■ TASK
Find every line in the records below that contains the word "predicate", and copy each such line.
»»
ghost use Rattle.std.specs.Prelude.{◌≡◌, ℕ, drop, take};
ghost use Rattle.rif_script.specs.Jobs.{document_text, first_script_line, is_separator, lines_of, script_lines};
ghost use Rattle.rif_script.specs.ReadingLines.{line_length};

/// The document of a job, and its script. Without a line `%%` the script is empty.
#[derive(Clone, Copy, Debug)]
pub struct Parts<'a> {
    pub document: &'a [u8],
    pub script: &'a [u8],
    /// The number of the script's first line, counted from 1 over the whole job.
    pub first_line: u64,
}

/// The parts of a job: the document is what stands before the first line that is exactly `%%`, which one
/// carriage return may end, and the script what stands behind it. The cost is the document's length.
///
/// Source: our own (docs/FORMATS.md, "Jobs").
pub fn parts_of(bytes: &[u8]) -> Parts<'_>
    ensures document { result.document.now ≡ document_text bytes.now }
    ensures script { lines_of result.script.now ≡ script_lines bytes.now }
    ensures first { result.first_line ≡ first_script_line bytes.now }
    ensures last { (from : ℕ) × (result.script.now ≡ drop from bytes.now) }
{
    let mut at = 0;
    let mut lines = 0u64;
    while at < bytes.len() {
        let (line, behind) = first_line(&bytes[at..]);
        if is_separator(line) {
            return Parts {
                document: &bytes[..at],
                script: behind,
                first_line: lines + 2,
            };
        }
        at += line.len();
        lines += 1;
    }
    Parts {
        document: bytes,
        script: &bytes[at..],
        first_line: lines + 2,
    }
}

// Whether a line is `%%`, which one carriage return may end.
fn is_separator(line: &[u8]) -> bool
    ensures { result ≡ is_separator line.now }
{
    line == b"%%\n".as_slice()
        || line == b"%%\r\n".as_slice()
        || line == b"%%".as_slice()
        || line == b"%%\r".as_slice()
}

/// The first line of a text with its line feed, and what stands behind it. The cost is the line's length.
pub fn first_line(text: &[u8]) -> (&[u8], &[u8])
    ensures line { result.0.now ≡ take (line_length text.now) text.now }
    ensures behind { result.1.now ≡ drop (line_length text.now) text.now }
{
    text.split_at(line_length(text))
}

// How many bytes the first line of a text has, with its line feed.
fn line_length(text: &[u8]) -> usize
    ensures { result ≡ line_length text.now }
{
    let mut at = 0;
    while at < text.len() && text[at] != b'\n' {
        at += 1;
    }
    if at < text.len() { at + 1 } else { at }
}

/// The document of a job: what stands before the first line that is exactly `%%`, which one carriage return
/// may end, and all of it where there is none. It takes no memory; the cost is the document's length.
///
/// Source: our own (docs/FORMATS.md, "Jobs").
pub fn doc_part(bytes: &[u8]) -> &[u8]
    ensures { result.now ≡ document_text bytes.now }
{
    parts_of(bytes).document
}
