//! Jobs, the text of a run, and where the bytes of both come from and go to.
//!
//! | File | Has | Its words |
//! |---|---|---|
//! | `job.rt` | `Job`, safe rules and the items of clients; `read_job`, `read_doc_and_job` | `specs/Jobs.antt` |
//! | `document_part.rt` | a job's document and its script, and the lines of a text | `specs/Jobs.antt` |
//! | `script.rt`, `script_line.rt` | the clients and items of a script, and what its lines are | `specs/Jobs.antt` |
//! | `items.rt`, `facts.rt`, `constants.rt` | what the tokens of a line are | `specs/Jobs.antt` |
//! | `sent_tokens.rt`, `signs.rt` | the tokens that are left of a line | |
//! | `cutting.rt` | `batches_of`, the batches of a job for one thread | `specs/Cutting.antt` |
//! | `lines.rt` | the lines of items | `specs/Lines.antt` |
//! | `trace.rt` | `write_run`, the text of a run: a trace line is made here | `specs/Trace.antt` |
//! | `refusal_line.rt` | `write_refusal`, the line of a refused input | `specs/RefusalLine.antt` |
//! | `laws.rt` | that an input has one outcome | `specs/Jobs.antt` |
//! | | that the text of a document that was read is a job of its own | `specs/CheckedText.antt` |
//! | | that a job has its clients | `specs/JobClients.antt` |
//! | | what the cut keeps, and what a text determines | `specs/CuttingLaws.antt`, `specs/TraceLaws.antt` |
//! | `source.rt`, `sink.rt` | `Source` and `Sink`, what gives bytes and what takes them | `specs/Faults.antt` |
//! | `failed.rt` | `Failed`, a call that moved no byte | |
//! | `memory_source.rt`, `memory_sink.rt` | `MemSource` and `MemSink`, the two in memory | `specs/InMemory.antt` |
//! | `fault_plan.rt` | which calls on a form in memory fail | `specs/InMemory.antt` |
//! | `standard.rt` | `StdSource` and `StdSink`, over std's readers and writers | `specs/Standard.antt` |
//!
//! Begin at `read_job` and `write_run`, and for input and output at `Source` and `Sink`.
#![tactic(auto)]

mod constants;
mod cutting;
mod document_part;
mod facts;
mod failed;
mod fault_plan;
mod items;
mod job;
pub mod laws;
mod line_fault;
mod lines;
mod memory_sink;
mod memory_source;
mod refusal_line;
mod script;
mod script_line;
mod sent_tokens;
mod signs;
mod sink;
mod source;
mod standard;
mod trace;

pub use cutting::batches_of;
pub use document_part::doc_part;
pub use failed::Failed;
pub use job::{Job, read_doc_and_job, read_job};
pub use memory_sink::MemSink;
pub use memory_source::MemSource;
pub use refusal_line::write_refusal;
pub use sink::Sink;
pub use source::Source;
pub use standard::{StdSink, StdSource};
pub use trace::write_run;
««
»»
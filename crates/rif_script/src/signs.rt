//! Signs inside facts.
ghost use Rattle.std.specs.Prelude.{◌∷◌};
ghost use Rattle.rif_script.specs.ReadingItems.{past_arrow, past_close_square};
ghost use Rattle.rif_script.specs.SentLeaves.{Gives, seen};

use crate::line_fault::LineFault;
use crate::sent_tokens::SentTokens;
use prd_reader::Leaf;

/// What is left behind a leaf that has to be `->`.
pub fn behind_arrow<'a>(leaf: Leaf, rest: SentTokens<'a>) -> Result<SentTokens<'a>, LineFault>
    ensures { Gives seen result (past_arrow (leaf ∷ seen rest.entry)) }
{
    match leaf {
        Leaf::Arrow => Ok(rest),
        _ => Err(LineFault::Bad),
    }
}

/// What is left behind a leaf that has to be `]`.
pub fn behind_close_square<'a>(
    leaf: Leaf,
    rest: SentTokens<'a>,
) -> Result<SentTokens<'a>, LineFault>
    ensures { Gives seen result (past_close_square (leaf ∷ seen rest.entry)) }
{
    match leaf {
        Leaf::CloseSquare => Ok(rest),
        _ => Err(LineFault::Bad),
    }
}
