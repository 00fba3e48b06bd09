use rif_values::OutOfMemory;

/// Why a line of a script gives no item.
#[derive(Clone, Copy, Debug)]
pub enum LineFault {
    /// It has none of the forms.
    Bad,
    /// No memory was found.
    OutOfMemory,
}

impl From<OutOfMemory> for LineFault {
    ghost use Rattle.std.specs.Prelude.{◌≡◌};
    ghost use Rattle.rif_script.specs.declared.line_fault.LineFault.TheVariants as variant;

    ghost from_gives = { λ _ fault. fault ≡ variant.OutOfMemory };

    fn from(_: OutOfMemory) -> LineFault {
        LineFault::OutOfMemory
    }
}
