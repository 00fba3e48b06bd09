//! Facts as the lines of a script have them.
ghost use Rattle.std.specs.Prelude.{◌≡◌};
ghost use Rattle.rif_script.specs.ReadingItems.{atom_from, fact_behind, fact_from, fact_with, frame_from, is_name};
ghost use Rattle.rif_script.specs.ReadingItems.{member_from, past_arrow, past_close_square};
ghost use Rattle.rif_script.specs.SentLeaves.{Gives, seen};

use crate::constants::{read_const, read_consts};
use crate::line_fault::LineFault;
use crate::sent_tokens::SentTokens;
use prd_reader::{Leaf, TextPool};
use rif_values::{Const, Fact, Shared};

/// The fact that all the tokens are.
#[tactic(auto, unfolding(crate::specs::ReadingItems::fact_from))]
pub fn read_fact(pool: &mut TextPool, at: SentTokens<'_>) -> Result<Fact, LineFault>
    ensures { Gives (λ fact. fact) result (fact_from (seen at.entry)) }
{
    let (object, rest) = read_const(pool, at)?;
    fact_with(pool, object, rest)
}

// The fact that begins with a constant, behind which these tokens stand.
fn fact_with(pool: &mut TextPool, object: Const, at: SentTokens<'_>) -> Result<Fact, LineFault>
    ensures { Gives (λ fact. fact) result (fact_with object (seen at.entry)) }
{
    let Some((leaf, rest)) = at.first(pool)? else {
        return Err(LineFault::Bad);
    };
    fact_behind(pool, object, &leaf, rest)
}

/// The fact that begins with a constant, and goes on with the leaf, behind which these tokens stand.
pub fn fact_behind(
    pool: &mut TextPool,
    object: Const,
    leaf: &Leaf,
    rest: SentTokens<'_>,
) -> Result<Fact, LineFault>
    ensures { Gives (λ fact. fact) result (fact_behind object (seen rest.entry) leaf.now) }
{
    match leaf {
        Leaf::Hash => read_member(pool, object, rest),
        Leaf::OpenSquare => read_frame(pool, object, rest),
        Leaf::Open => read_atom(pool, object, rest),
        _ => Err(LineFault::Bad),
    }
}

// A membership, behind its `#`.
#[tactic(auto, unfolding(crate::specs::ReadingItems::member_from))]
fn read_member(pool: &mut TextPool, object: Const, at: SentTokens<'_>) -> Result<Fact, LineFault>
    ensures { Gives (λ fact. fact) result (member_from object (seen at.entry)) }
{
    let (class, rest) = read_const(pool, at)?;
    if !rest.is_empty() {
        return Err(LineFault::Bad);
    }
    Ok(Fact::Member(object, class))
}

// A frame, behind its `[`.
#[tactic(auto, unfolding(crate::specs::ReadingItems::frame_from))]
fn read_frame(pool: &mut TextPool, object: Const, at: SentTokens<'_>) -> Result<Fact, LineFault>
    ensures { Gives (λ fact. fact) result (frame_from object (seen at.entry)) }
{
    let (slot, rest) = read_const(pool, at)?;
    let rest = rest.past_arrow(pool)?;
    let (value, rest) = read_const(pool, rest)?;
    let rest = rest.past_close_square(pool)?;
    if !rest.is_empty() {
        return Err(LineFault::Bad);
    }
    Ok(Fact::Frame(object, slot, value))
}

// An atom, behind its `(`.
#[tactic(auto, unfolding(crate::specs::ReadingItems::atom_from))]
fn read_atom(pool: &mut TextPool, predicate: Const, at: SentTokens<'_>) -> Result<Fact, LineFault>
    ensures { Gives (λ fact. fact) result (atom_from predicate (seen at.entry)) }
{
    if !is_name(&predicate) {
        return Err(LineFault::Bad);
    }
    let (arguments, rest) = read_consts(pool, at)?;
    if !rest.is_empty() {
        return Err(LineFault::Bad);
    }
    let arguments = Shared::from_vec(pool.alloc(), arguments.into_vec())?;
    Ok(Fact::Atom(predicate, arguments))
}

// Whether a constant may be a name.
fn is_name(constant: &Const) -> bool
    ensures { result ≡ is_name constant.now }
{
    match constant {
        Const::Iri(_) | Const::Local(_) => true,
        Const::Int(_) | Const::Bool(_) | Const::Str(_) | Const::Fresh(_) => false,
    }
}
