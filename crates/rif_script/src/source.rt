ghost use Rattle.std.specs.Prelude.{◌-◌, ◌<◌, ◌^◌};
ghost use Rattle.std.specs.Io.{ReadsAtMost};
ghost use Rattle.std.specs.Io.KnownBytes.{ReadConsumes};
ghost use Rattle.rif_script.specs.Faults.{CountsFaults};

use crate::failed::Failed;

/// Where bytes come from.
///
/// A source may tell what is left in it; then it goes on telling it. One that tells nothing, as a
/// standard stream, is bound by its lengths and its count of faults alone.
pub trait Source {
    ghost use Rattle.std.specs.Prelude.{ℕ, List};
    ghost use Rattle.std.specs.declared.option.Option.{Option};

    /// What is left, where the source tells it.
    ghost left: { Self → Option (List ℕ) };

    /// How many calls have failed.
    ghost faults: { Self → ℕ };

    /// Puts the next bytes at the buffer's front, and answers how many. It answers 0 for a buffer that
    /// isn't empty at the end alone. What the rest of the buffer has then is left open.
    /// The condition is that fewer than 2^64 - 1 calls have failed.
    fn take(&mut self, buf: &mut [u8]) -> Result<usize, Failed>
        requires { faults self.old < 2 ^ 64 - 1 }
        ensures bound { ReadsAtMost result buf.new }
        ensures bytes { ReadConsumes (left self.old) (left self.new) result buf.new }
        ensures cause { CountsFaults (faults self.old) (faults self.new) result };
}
««
»»
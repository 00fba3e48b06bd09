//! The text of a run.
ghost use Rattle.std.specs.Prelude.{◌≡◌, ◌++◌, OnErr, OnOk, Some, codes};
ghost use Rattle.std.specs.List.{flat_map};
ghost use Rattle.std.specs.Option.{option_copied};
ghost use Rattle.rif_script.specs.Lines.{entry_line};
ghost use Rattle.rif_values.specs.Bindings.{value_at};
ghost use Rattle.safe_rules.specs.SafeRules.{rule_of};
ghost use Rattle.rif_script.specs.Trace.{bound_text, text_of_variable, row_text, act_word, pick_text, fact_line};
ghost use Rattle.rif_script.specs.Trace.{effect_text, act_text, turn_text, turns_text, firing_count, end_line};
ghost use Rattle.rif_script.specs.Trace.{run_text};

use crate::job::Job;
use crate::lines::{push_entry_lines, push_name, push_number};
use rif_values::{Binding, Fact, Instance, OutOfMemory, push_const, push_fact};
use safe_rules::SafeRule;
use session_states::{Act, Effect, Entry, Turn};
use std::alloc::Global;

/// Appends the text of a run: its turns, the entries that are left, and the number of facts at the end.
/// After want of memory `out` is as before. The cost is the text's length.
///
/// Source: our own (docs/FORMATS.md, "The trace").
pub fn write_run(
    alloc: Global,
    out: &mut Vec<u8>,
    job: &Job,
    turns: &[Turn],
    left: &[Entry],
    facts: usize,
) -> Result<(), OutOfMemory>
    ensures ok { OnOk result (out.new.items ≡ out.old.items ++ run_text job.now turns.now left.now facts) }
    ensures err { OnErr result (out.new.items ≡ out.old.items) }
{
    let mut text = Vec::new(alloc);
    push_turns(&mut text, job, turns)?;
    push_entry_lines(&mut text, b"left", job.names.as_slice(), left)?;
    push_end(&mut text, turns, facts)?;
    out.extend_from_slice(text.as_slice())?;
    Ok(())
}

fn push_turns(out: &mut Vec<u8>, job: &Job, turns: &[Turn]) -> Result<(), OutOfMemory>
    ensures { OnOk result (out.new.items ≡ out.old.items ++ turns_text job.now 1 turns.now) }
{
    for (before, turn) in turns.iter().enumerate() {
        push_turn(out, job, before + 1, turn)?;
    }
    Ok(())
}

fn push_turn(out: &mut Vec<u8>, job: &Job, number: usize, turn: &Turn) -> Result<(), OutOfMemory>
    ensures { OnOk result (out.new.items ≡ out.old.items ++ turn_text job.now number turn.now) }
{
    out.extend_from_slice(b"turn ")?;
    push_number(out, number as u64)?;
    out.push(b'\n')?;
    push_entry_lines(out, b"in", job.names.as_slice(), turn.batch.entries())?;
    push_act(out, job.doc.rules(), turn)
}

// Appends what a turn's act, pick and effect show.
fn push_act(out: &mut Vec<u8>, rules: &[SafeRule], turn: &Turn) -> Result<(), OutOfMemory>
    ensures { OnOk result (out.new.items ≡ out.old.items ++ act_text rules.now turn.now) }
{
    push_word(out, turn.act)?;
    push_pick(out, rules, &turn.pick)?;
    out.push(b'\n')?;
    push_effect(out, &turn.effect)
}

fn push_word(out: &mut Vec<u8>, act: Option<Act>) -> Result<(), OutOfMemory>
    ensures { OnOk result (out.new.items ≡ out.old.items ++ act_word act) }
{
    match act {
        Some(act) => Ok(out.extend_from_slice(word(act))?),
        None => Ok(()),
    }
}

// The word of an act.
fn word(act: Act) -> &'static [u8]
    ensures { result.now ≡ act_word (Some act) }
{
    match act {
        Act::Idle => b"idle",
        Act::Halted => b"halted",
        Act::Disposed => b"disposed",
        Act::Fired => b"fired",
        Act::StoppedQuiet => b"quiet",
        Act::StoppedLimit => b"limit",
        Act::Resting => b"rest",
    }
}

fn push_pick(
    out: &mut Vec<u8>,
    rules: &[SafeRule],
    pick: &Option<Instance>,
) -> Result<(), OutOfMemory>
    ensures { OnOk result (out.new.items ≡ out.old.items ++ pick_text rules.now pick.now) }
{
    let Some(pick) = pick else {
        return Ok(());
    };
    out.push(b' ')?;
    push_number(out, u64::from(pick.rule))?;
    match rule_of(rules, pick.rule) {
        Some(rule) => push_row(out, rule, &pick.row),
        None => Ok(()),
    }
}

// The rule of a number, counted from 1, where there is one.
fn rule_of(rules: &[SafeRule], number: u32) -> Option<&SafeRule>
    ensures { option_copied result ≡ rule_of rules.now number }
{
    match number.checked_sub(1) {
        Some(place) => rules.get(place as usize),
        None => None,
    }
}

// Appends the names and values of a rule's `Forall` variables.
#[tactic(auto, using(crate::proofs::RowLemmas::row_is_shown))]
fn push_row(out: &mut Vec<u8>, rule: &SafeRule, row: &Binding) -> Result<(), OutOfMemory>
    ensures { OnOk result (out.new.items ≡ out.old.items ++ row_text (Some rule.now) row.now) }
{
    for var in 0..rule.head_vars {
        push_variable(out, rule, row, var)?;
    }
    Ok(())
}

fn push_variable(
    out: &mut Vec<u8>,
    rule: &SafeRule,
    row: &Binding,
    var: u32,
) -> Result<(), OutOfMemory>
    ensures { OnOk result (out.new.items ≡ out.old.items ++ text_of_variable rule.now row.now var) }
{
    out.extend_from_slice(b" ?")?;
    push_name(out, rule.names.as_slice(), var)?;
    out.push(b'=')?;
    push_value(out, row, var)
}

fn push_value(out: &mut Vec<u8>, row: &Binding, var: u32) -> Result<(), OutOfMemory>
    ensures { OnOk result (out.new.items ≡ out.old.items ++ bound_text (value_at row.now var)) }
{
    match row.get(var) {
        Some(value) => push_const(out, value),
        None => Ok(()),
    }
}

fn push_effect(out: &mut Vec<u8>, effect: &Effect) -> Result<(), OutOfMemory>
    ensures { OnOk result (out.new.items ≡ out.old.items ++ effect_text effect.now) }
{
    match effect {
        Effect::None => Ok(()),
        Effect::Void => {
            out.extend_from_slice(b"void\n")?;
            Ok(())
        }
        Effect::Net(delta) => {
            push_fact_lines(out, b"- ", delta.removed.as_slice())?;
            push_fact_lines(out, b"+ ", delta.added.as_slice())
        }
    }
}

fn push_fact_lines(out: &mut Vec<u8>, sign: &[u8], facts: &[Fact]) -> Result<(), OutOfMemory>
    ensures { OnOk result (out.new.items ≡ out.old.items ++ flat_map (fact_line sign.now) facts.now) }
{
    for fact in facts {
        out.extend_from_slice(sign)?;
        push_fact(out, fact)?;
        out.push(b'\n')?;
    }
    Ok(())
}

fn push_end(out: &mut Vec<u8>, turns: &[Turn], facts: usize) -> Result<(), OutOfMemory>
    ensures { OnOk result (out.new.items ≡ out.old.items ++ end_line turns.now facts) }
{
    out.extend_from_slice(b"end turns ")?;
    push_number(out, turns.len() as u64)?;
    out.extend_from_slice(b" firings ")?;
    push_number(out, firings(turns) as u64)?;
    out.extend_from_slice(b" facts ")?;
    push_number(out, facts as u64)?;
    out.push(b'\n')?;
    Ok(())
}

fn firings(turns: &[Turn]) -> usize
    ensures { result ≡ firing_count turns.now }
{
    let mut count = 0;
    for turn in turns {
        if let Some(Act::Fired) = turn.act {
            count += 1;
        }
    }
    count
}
««
■ WRITTEN RESPONSE
fn read_atom(pool: &mut TextPool, predicate: Const, at: SentTokens<'_>) -> Result<Fact, LineFault>
    ensures { Gives (λ fact. fact) result (atom_from predicate (seen at.entry)) }
    if !is_name(&predicate) {
    Ok(Fact::Atom(predicate, arguments))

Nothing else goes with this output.